This patch proposes to properly fix the problem by introducing
VM_PINNED. This also provides the groundwork for a possible mpin()
syscall or MADV_PIN -- although these are not included.

It recognises that pinned page semantics are a strict super-set of
locked page semantics -- a pinned page will not generate major faults
(and thus satisfies mlock() requirements).

The patch has some rough edges, primarily IB doesn't compile for I got a
little lost trying to find the process address for a number of
*_release_user_pages() calls which are now required.

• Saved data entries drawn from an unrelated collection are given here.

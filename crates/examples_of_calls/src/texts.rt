// Tests of texts.
use call_lines::{Call, Stop, none, truth};
use mesh_text::{
    contains, contains_fold, decimal, eq_fold, is_dns_label, is_dns_subdomain, is_prefix,
    is_prefix_fold, is_suffix, is_suffix_fold, is_time, is_token,
};
use std::alloc::Global;

pub fn answer(alloc: Global, call: &Call) -> Result<Option<String>, Stop> {
    match call.name {
        "decimal" => number(alloc, call.text(0)?),
        "is_dns_label" => truth(alloc, is_dns_label(call.text(0)?)),
        "is_dns_subdomain" => truth(alloc, is_dns_subdomain(call.text(0)?)),
        "is_token" => truth(alloc, is_token(call.text(0)?)),
        "is_time" => truth(alloc, is_time(call.text(0)?)),
        _ => of_two(alloc, call),
    }
}

fn number(alloc: Global, text: &str) -> Result<Option<String>, Stop> {
    match decimal(text) {
        None => none(alloc),
        Some(number) => Ok(Some(format!(in alloc; "{number}")?)),
    }
}

// The tests of a part and a whole.
fn of_two(alloc: Global, call: &Call) -> Result<Option<String>, Stop> {
    match call.name {
        "is_prefix" => truth(alloc, is_prefix(call.text(0)?, call.text(1)?)),
        "is_suffix" => truth(alloc, is_suffix(call.text(0)?, call.text(1)?)),
        "contains" => truth(alloc, contains(call.text(0)?, call.text(1)?)),
        _ => folded(alloc, call),
    }
}

fn folded(alloc: Global, call: &Call) -> Result<Option<String>, Stop> {
    match call.name {
        "eq_fold" => truth(alloc, eq_fold(call.text(0)?, call.text(1)?)),
        "is_prefix_fold" => truth(alloc, is_prefix_fold(call.text(0)?, call.text(1)?)),
        "is_suffix_fold" => truth(alloc, is_suffix_fold(call.text(0)?, call.text(1)?)),
        "contains_fold" => truth(alloc, contains_fold(call.text(0)?, call.text(1)?)),
        _ => Ok(None),
    }
}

Furthermore, vma expansion (stack) vs VM_PINNED is 'broken' in that I
don't think it will behave properly if you PIN the bottom (or top if
your arch is so inclined) stack page.

If people find this approach unworkable, I request we revert the above
mentioned patch to at least restore RLIMIT_MEMLOCK to a usable state
again.

Not-signed-off-by: Peter Zijlstra <peterz@infradead.org>
---
vers/infiniband/core/umem.c                 | 41 ++++++------
 drivers/infiniband/hw/ipath/ipath_file_ops.c   |  2 +-
 drivers/infiniband/hw/ipath/ipath_kernel.h     |  4 +-
 drivers/infiniband/hw/ipath/ipath_user_pages.c | 29 ++++++---
 drivers/infiniband/hw/qib/qib.h                |  2 +-
 drivers/infiniband/hw/qib/qib_file_ops.c       |  2 +-
 drivers/infiniband/hw/qib/qib_user_pages.c     | 18 ++++--
 include/linux/mm.h                             |  3 +
 include/linux/mm_types.h                       |  5 ++
 include/linux/perf_event.h                     |  1 -
 include/rdma/ib_umem.h                         |  3 +-
 kernel/events/core.c                           | 17 +++--
 kernel/fork.c                                  |  2 +
 mm/mlock.c                                     | 87 +++++++++++++++++++++-----
 mm/mmap.c                                      | 16 +++--
 15 files changed, 167 insertions(+), 65 deletions(-)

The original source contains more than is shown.